Ask HN: How does Apple expect us to dump PCs without a mouse? - dalacv
Who cares about whether it&#x27;s 5 years old or not.  I don&#x27;t want to lift my hands from the keyboard to touch the screen.  Am I missing something here?  Why is there still no bluetooth mouse support (or some replacement) on the iPad Pro.
======
oneeyedpigeon
The answer to this relates to how Apple intends - and has always intended -
the iPad to be used: first and foremost, it's a tablet. There is still a big
debate surrounding this form factor and its standard use case. Whilst
Microsoft appears to be aiming for the "laptop with a removable screen"
market, Apple is firmly coming at this fight from the opposite direction; the
iPad is very much a tablet that you can attach a keyboard to if you really
want.

Now, whilst Apple has conceded that the on-screen keyboard isn't quite up to
scratch for enough people that it warrants proper external keyboard support, I
think it's highly unlikely they're going to extend that to mouse support.
Think about the 'Pro' moniker. Professional artists will use the Pencil (plus
touch control with their fingers). Professional writers will use the keyboard.
Neither group has a huge need for a mouse - if they do, they certainly don't
seem to be shouting about it at the moment.

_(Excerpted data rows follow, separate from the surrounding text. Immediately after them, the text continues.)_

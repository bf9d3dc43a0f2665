//! Derivations, and what a check of them says.

use sc_facts::{FactName, Facts};
use sc_rules::PlainStep;
use sc_terms::Sequence;
use std::alloc::AllocError;

/// A step of a tree: it goes on with each of its branches.
#[derive(Drop)]
pub enum Step {
    /// A step that needs no region tree.
    Plain(PlainStep),
}

/// A step of a path, with the branch that was taken.
#[derive(Drop)]
pub struct Taken {
    /// The step.
    pub step: Step,
    /// The branch's number, 1 or 2.
    pub branch: u32,
}

/// The steps that lead to a path, in their order from the root path on.
pub type Steps = Sequence<Taken>;

/// What ends a branch.
#[derive(Drop)]
pub enum Closing {
    /// The fact with this name stands on the path with both signs.
    Clash(FactName),
}

/// A node of a tree.
#[derive(Drop)]
pub enum Node {
    Step(Step),
    Closing(Closing),
}

/// The nodes of a tree in preorder: after a step with one branch comes the tree on that branch's path, after a step with two branches the whole tree of the first, then that of the second.
pub type Nodes = Sequence<Node>;

/// A tree that begins on the path of the roots followed by the hypotheses, so that these contradict the roots.
#[derive(Drop)]
pub struct Lemma {
    /// The facts that follow the roots' at the start.
    pub hypotheses: Facts,
    /// The tree.
    pub nodes: Nodes,
}

/// Lemmas, numbered from 1.
pub type Lemmas = Sequence<Lemma>;

/// Lemmas, and a tree that begins on the path of the roots.
#[derive(Drop)]
pub struct Derivation {
    /// The lemmas, each proved from those before it. A derivation that can be written down has none, since no closing names one.
    pub lemmas: Lemmas,
    /// The tree.
    pub nodes: Nodes,
}

/// Why a derivation is refused: by its text (`P1` to `P6`), or by what its nodes say (`Q1` to `Q5`).
#[derive(Clone, Copy, Debug, PartialEq, Eq)]
pub enum Reason {
    /// Not a derivation: the frame of the list, of a lemma or of the tree, or a hypothesis, has another shape.
    P1,
    /// Unknown word: a node's head is no step or closing.
    P2,
    /// Malformed node: arguments of another number or kind, or in another order than they are written in.
    P3,
    /// A number out of its range.
    P4,
    /// Nodes missing: a tree or lemma ends where a node is due.
    P5,
    /// Nodes left over: a node stands after the whole tree.
    P6,
    /// A step does not apply on its path.
    Q1,
    /// No clash: the fact does not stand on the path with both signs.
    Q2,
    /// Rows do not refute.
    Q3,
    /// A lemma does not apply.
    Q4,
    /// A number past 128 bits.
    Q5,
}

/// What a check says of a derivation.
#[derive(Clone, Copy, Debug, PartialEq, Eq)]
pub enum Judgement {
    Accepted,
    /// The first node that fails, counted from 1 in preorder, and why.
    Refused { node: u64, reason: Reason },
}

impl PartialEq for Step {
    ghost use Rattle.std.specs.Cmp.{partial_equiv_from_equiv, decided};
    ghost use Rattle.sc_deriv.specs.Same.{same_step, same_step-Decides};

    ghost eq = { same_step };

    ghost laws = { partial_equiv_from_equiv (decided same_step same_step-Decides) };

    fn eq(&self, other: &Step) -> bool {
        let (Step::Plain(a), Step::Plain(b)) = (self, other);
        a == b
    }
}

impl Eq for Step {
    ghost use Rattle.std.specs.Cmp.{decided};
    ghost use Rattle.sc_deriv.specs.Same.{same_step, same_step-Decides};

    ghost laws = { decided same_step same_step-Decides };
}

/// A copy is equal.
impl Clone for Step {
    ghost use Rattle.std.specs.Prelude.{◌≡◌};

    ghost is_clone = { λ a b. b ≡ a };

    fn clone(&self) -> Result<Step, AllocError> {
        let Step::Plain(step) = self;
        Ok(Step::Plain(step.clone()?))
    }
}

impl PartialEq for Taken {
    ghost use Rattle.std.specs.Cmp.{partial_equiv_from_equiv, decided};
    ghost use Rattle.sc_deriv.specs.Same.{same_taken, same_taken-Decides};

    ghost eq = { same_taken };

    ghost laws = { partial_equiv_from_equiv (decided same_taken same_taken-Decides) };

    fn eq(&self, other: &Taken) -> bool {
        self.step == other.step && self.branch == other.branch
    }
}

impl Eq for Taken {
    ghost use Rattle.std.specs.Cmp.{decided};
    ghost use Rattle.sc_deriv.specs.Same.{same_taken, same_taken-Decides};

    ghost laws = { decided same_taken same_taken-Decides };
}

/// A copy is equal.
impl Clone for Taken {
    ghost use Rattle.std.specs.Prelude.{◌≡◌};

    ghost is_clone = { λ a b. b ≡ a };

    fn clone(&self) -> Result<Taken, AllocError> {
        Ok(Taken {
            step: self.step.clone()?,
            branch: self.branch,
        })
    }
}

impl PartialEq for Closing {
    ghost use Rattle.std.specs.Cmp.{partial_equiv_from_equiv, decided};
    ghost use Rattle.sc_deriv.specs.Same.{same_closing, same_closing-Decides};

    ghost eq = { same_closing };

    ghost laws = { partial_equiv_from_equiv (decided same_closing same_closing-Decides) };

    fn eq(&self, other: &Closing) -> bool {
        let (Closing::Clash(a), Closing::Clash(b)) = (self, other);
        a == b
    }
}

impl Eq for Closing {
    ghost use Rattle.std.specs.Cmp.{decided};
    ghost use Rattle.sc_deriv.specs.Same.{same_closing, same_closing-Decides};

    ghost laws = { decided same_closing same_closing-Decides };
}

/// A copy is equal.
impl Clone for Closing {
    ghost use Rattle.std.specs.Prelude.{◌≡◌};

    ghost is_clone = { λ a b. b ≡ a };

    fn clone(&self) -> Result<Closing, AllocError> {
        let Closing::Clash(name) = self;
        Ok(Closing::Clash(name.clone()?))
    }
}

impl PartialEq for Node {
    ghost use Rattle.std.specs.Cmp.{partial_equiv_from_equiv, decided};
    ghost use Rattle.sc_deriv.specs.Same.{same_node, same_node-Decides};

    ghost eq = { same_node };

    ghost laws = { partial_equiv_from_equiv (decided same_node same_node-Decides) };

    fn eq(&self, other: &Node) -> bool {
        match (self, other) {
            (Node::Step(a), Node::Step(b)) => a == b,
            (Node::Closing(a), Node::Closing(b)) => a == b,
            _ => false,
        }
    }
}

impl Eq for Node {
    ghost use Rattle.std.specs.Cmp.{decided};
    ghost use Rattle.sc_deriv.specs.Same.{same_node, same_node-Decides};

    ghost laws = { decided same_node same_node-Decides };
}

/// A copy is equal.
impl Clone for Node {
    ghost use Rattle.std.specs.Prelude.{◌≡◌};

    ghost is_clone = { λ a b. b ≡ a };

    fn clone(&self) -> Result<Node, AllocError> {
        match self {
            Node::Step(step) => Ok(Node::Step(step.clone()?)),
            Node::Closing(closing) => Ok(Node::Closing(closing.clone()?)),
        }
    }
}

impl PartialEq for Lemma {
    ghost use Rattle.std.specs.Cmp.{partial_equiv_from_equiv, decided};
    ghost use Rattle.sc_deriv.specs.Same.{same_lemma, same_lemma-Decides};

    ghost eq = { same_lemma };

    ghost laws = { partial_equiv_from_equiv (decided same_lemma same_lemma-Decides) };

    fn eq(&self, other: &Lemma) -> bool {
        self.hypotheses == other.hypotheses && self.nodes == other.nodes
    }
}

impl Eq for Lemma {
    ghost use Rattle.std.specs.Cmp.{decided};
    ghost use Rattle.sc_deriv.specs.Same.{same_lemma, same_lemma-Decides};

    ghost laws = { decided same_lemma same_lemma-Decides };
}

/// A copy is equal.
impl Clone for Lemma {
    ghost use Rattle.std.specs.Prelude.{◌≡◌};

    ghost is_clone = { λ a b. b ≡ a };

    fn clone(&self) -> Result<Lemma, AllocError> {
        Ok(Lemma {
            hypotheses: self.hypotheses.clone()?,
            nodes: self.nodes.clone()?,
        })
    }
}

impl PartialEq for Derivation {
    ghost use Rattle.std.specs.Cmp.{partial_equiv_from_equiv, decided};
    ghost use Rattle.sc_deriv.specs.Same.{same_derivation, same_derivation-Decides};

    ghost eq = { same_derivation };

    ghost laws = { partial_equiv_from_equiv (decided same_derivation same_derivation-Decides) };

    fn eq(&self, other: &Derivation) -> bool {
        self.lemmas == other.lemmas && self.nodes == other.nodes
    }
}

impl Eq for Derivation {
    ghost use Rattle.std.specs.Cmp.{decided};
    ghost use Rattle.sc_deriv.specs.Same.{same_derivation, same_derivation-Decides};

    ghost laws = { decided same_derivation same_derivation-Decides };
}

/// A copy is equal.
impl Clone for Derivation {
    ghost use Rattle.std.specs.Prelude.{◌≡◌};

    ghost is_clone = { λ a b. b ≡ a };

    fn clone(&self) -> Result<Derivation, AllocError> {
        Ok(Derivation {
            lemmas: self.lemmas.clone()?,
            nodes: self.nodes.clone()?,
        })
    }
}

So the vast majority of pros, doing work, aren't looking for mouse support.
Casual consumers (there's a chance that Apple is phasing out all iPads except
the iPad Pro which, to be honest, makes the name seem a little unwarranted,
but that's another story) are best served by the touch screen, and are using
tablets in their hands, not placed down on a surface, and certainly not on a
surface with enough room for a mouse.

Even if a pointing device were required, I'd argue against a mouse for the
table form. Mice require certain surfaces to work properly, if at all. They
either come with an annoying wire, or an annoying requirement to source and
charge batteries (although the latest overpriced offerings from Apple are
trying to deal with that). They sometimes sort-of support the excellent swipe
controls that trackpads have nowadays, but rarely, and they're not as good.
Mice are pretty bad, and are probably nearing the end of their ubiquity. If
Apple really were to support a pointing device (which, as another poster
points out, would require software changes that I'm not even going to begin to
address), they should go with a trackpad or a trackpoint on the Smart
Keyboard.

Having said all of that, I clearly don't understand what your use-case
actually is. What do you want to use a tablet for that requires mouse support?

------
DerekL
> Why is there still no bluetooth mouse support (or some replacement) on the
> iPad Pro.

Because iOS apps would have to be revised to support mouse clicks, scroll
wheels, mouse overs, contextual menus, etc. Or maybe iOS would just treat the
mouse as a single finger, limiting its usefulness.

A mouse or equivalent would be useful for certain things, such as VNC,
emulators, and testing desktop versions of web pages.

------
smt88
Some (a lot of?) people use PCs in a way that doesn't really improve much with
a mouse. Apple continues to invest in other products that do have a mouse
because, at least for now, they don't expect _everyone_ to be able to give up
a mouse.